The voltage applied at the ADC reference input is a particularly critical element. Often in an attempt to save money or board space, in a system with multiple precision ADCs, an engineer will be tempted to share a reference in the system without buffering each reference input. The reference pin in ADCs without an internal reference buffer is typically not a static node. As the ADC goes through the conversion process, there will be a series of glitches at the REF pin that must quickly settle in order for the ADC to accurately convert the input signal. If the reference voltage is shared, these glitches can interfere with the conversions of the neighboring ADCs. This can happen even if ADCs of the same type are converting at the same time. The purpose of this article is to show what can happen when multiple precision ADCs share a common reference in order to persuade the reader to avoid this shortcut.
The circuit of Figure 1 shows two LTC2380-24 ADCs connected in chain mode with a common reference. The LTC2380-24 is a low noise, low power, high speed 24-bit successive approximation register (SAR) ADC with an integrated digital averaging filter. The LTC2380-24 has a 145dB dynamic range and can sample up to 2Msps with a typical THD of -117dB. The 47µF reference bypass capacitors are placed as close as possible to the REF pins of the ADCs in an attempt to maximize their effectiveness. Data was taken with the circuit of Figure 1 and with the circuit modified by removing ADC A and grounding the RDL/SDI input of ADC B. The timing is the same for both the one ADC and the two ADC cases to minimize any differences that a change in timing might cause.

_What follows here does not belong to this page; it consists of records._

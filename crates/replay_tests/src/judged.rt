//! How a trace is judged: its status, and what is written to the sinks of calls and errors.
use conf_reader::Reader;
use ha_engine::Engine;
use ha_io::{MemFile, MemPlace, MemSink, have_distinct_names};
use replay_file::replay_call;
use std::alloc::{AllocError, Global};

/// Appends the texts, one behind the other.
fn append(text: &mut Vec<u8>, parts: &[&str]) -> Result<(), AllocError> {
    for part in parts {
        text.extend_from_slice(part.as_bytes())?;
    }
    Ok(())
}

/// The texts, one behind the other.
fn joined(alloc: Global, parts: &[&str]) -> Result<Vec<u8>, AllocError> {
    let mut text = Vec::new(alloc);
    append(&mut text, parts)?;
    Ok(text)
}

/// The number of the status that a trace is given, and what is written to the two sinks, where these reads of it fail.
fn replayed(
    alloc: Global,
    text: Vec<u8>,
    fails: Vec<u64>,
) -> Result<Option<(u8, MemSink, MemSink)>, AllocError> {
    let mut files = Vec::new(alloc);
    files.push(MemFile {
        name: String::from_str(alloc, "t")?,
        bytes: Some(text),
        read_fails: fails,
        write_fails: Vec::new(alloc),
        write_zeros: Vec::new(alloc),
    })?;
    if !have_distinct_names(&files) {
        return Ok(None);
    }
    let mut place = MemPlace::make(alloc, files, Vec::new(alloc));
    let mut out = MemSink::make(Vec::new(alloc), Vec::new(alloc), Vec::new(alloc));
    let mut err = MemSink::make(Vec::new(alloc), Vec::new(alloc), Vec::new(alloc));
    let (status, _) = replay_call::<Engine<Reader>, MemPlace>(
        alloc, "t", &mut place, &mut out, &mut err,
    );
    Ok(Some((status.number(), out, err)))
}

/// The number of a status, and what is written to the sinks of calls and of errors.
pub type Wanted<'a> = (u8, &'a str, &'a str);

/// Whether the trace of these parts, of which these reads fail, is given this.
pub fn gives(
    alloc: Global,
    parts: &[&str],
    fails: &[u64],
    wanted: Wanted<'_>,
) -> Result<bool, AllocError> {
    let text = joined(alloc, parts)?;
    match replayed(alloc, text, Vec::from_slice(alloc, fails)?)? {
        Some((given, out, err)) => Ok(
            given == wanted.0
                && out.bytes() == wanted.1.as_bytes()
                && err.bytes() == wanted.2.as_bytes(),
        ),
        None => Ok(false),
    }
}

/// Whether the trace of these parts is given this status, with these calls and errors.
pub fn is_given(alloc: Global, parts: &[&str], wanted: Wanted<'_>) -> bool {
    gives(alloc, parts, &[], wanted).unwrap_or(false)
}

/// Whether it is refused.
fn is_refused(alloc: Global, text: Vec<u8>) -> Result<bool, AllocError> {
    match replayed(alloc, text, Vec::new(alloc))? {
        Some((given, _, _)) => Ok(given == 11),
        None => Ok(false),
    }
}

/// Whether each front of the trace is refused, but the whole.
pub fn are_fronts_refused(alloc: Global, parts: &[&str]) -> Result<bool, AllocError> {
    let trace = joined(alloc, parts)?;
    for count in 0..trace.len() {
        if !is_refused(alloc, Vec::from_slice(alloc, &trace[..count])?)? {
            return Ok(false);
        }
    }
    Ok(true)
}

/// What is told of a trace without calls and errors that is refused at its first, second or third line.
const TOLD: [&str; 3] = [
    "hearth: trace line 1: T\n",
    "hearth: trace line 2: T\n",
    "hearth: trace line 3: T\n",
];

/// How many lines of a text are whole.
fn whole_lines(text: &[u8]) -> usize {
    let mut lines: usize = 0;
    for byte in text {
        if *byte == b'\n' {
            lines = lines.saturating_add(1);
        }
    }
    lines
}

/// Whether the text is refused at the line behind its last whole one, and nothing else is written.
fn is_told(alloc: Global, text: &[u8]) -> Result<bool, AllocError> {
    let Some(told) = TOLD.get(whole_lines(text)) else {
        return Ok(false);
    };
    match replayed(alloc, Vec::from_slice(alloc, text)?, Vec::new(alloc))? {
        Some((given, out, err)) => Ok(
            given == 11 && out.bytes().is_empty() && err.bytes() == told.as_bytes(),
        ),
        None => Ok(false),
    }
}

/// Whether it is so for each front of the trace, but the whole.
pub fn are_fronts_told(alloc: Global, parts: &[&str]) -> Result<bool, AllocError> {
    let trace = joined(alloc, parts)?;
    for count in 0..trace.len() {
        if !is_told(alloc, &trace[..count])? {
            return Ok(false);
        }
    }
    Ok(true)
}

/// Whether the trace is refused whichever byte of its middle part is another.
pub fn is_each_byte_told(
    alloc: Global,
    before: &[&str],
    part: &str,
    behind: &[&str],
) -> Result<bool, AllocError> {
    let bytes = part.as_bytes();
    for at in 0..bytes.len() {
        let mut text = joined(alloc, before)?;
        text.extend_from_slice(&bytes[..at])?;
        text.push(if bytes[at] == b'7' { b'8' } else { b'7' })?;
        text.extend_from_slice(&bytes[at + 1..])?;
        append(&mut text, behind)?;
        if !is_refused(alloc, text)? {
            return Ok(false);
        }
    }
    Ok(true)
}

Figure 2 compares THD vs sample rate for one ADC and two ADCs sharing the same reference. As can be seen in Figure 2, sharing the reference causes the THD to drop as much as 8dB at the maximum sample rate. The difference drops to a still significant 4dB with the sample rate slowed to 125ksps. The THD vs input amplitude comparison of Figure 3 shows that sharing a reference causes the THD to drop over 10dB with input amplitudes ranging from -20dBFS to -9dBFS compared to a single ADC. Below input amplitudes of -30dBFS, THD performance is nearly identical. The biggest difference in performance occurs in the THD vs input frequency comparison of Figure 4. Above an input frequency of 41kHz, with 2 ADCs sharing a reference, THD performance starts to go off a cliff. With an input frequency of 50kHz, the THD performance of the two ADCs sharing a reference is literally off the chart at -49dB compared to -104dB with a single ADC. Even at low input frequencies the difference in THD is always greater than 7dB.

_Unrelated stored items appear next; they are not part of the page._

/// The attempt that a line asks for by name.
fn prepare_named<A: Answers>(
    alloc: Global,
    known: &Known<'_>,
    answers: &A,
    name: &Word,
    skip: bool,
) -> Result<Vec<Prepared>, AllocError>
    requires { (j : Journal) × IsKnown j known.now }
    ensures { IfOk result (λ stack. (k : Journal) → A.sight answers.now ≡ sight k (suc (last_place k)) → IsKnown k known.now
        → ArePassing k 0 (option_map_or (λ a. asked_for a by_hand skip ∷ []) (named_among (in_force k) name.now) []) stack.items) }
{
    let mut stack = Vec::new(alloc);
    match number_named(known.config, known.numbers, name) {
        Some(automation) => {
            let env = env_by_hand(alloc)?;
            prepare_one(alloc, &mut stack, known, answers, automation, 0, env, skip)?;
            Ok(stack)
        }
        None => Ok(stack),
    }
}

/// The attempts that a step asks for by number, from the last on.
fn prepare_chosen<A: Answers>(
    alloc: Global,
    known: &Known<'_>,
    answers: &A,
    chosen: &[u32],
    skip: bool,
) -> Result<Vec<Prepared>, AllocError>
    requires { (j : Journal) × IsKnown j known.now }
    ensures { IfOk result (λ stack. (k : Journal) → A.sight answers.now ≡ sight k (suc (last_place k)) → IsKnown k known.now
        → ArePassing k 0 (map (λ a. asked_for a by_hand skip) chosen.now) stack.items) }
{
    let mut stack = Vec::new(alloc);
    let mut left = chosen.len();
    'chosen: while 0 < left {
        left -= 1;
        let env = env_by_hand(alloc)?;
        prepare_one(
            alloc,
            &mut stack,
            known,
            answers,
            chosen[left],
            left as u64,
            env,
            skip,
        )?;
    }
    Ok(stack)
}

/// The variables of a run that a step asked a script for: behind those of one that was asked for by hand, the ones that it hands over.
fn env_called(alloc: Global, fields: &[(Word, Value)]) -> Result<Env, AllocError>
    ensures { IfOk result (λ env. env ≡ by_hand ++ fields.now) }
{
    let trigger = trigger_by_hand(alloc)?;
    let pairs = copy_pairs(alloc, fields)?;
    Ok(Env::of_trigger_with(trigger, pairs))
}

/// The attempts that a step asks scripts for, from the last on.
fn prepare_called<A: Answers>(
    alloc: Global,
    known: &Known<'_>,
    answers: &A,
    chosen: &[u32],
    fields: &[(Word, Value)],
) -> Result<Vec<Prepared>, AllocError>
    requires { (j : Journal) × IsKnown j known.now }
    ensures { IfOk result (λ stack. (k : Journal) → A.sight answers.now ≡ sight k (suc (last_place k)) → IsKnown k known.now
        → ArePassing k 0 (map (λ a. asked_for a (by_hand ++ fields.now) true) chosen.now) stack.items) }
{
    let mut stack = Vec::new(alloc);
    let mut left = chosen.len();
    'chosen: while 0 < left {
        left -= 1;
        let env = env_called(alloc, fields)?;
        prepare_one(
            alloc,
            &mut stack,
            known,
            answers,
            chosen[left],
            left as u64,
            env,
            true,
        )?;
    }
    Ok(stack)
}

/// Those of an entry: what it asks for itself, else those by triggers.
fn prepare_asked<A: Answers>(
    alloc: Global,
    known: &Known<'_>,
    answers: &A,
    entry: &Entry,
    fired: Many<Firing>,
) -> Result<Vec<Prepared>, AllocError>
    requires { (j : Journal) × IsKnown j known.now }
    ensures { IfOk result (λ stack. (k : Journal) → A.sight answers.now ≡ sight k (suc (last_place k)) → IsKnown k known.now
        → slice_get k (last_place k) ≡ Some entry.now → attempts_by fired ≡ fired_lem k (last_place k) → ArePassing k 0 (attempts k (last_place k)) stack.items) }
{
    match entry {
        Entry::Line {
            cmd: Cmd::Trigger { name, skip },
            ..
        } => prepare_named(alloc, known, answers, name, *skip),
        Entry::Step {
            item: Item::Triggered { automations, skip },
            ..
        } => prepare_chosen(alloc, known, answers, automations.as_slice(), *skip),
        Entry::Step {
            item: Item::Started {
                scripts,
                fields,
                ..
            },
            ..
        } => prepare_called(alloc, known, answers, scripts.as_slice(), fields.as_slice()),
        _ => prepare_fired(alloc, known, answers, fired),
    }
}

/// The attempts of the last entry that pass, the first of them last. `fired` has what fired at it.
pub(crate) fn prepare<'a>(
    alloc: Global,
    journal: &'a Segment<'_>,
    parts: &'a Parts,
    fired: Many<Firing>,
) -> Result<Vec<Prepared>, AllocError>
    requires journal { IsJournal journal.now }
    requires sees { Sees journal.now parts.now }
    requires fired { attempts_by fired ≡ fired_lem journal.now (last_place journal.now) }
    ensures { IfOk result (λ stack. ArePrepared journal.entry.now (passing journal.entry.now) (from_end stack.items)) }
{
    let config = journal.configuration();
    let (list, book) = journal.known();
    let known = Known {
        journal: list,
        book,
        config,
        numbers: &parts.numbers,
    };
    let view = Seeing::make(
        &parts.states,
        config,
        &parts.numbers,
        &parts.zone,
        parts.at,
        &parts.helpers,
    );
    // The borrow checker builds its plan only where a place has the type that the view holds.
    let _ = &view.view;
    prepare_asked(alloc, &known, &view, journal.last_entry(), fired)
}

/// Those of an opening.
pub(crate) fn prepare_opening<'a>(
    alloc: Global,
    journal: &'a Behind<'_>,
    parts: &'a Parts,
    fired: Many<Firing>,
) -> Result<Vec<Prepared>, AllocError>
    requires begun { IsBegun journal.now }
    requires sees { Sees journal.now parts.now }
    requires fired { attempts_by fired ≡ fired_lem journal.now (last_place journal.now) }
    ensures { IfOk result (λ stack. ArePrepared journal.entry.now (passing journal.entry.now) (from_end stack.items)) }
{
    let config = journal.configuration();
    let (list, book) = journal.known();
    let known = Known {
        journal: list,
        book,
        config,
        numbers: &parts.numbers,
    };
    let view = Seeing::make(
        &parts.states,
        config,
        &parts.numbers,
        &parts.zone,
        parts.at,
        &parts.helpers,
    );
    // The borrow checker builds its plan only where a place has the type that the view holds.
    let _ = &view.view;
    prepare_fired(alloc, &known, &view, fired)
}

The circuit and data presented are intended to demonstrate the loss of performance that occurs when multiple high performance ADCs share the same reference without buffers for each reference input. Significant THD degradation was demonstrated over sample rate, input amplitude and input frequency. After reading this, it is hoped that anyone designing a precision ADC circuit will be persuaded to either use a separate reference for each ADC used or buffer each ADC reference input with a common reference voltage.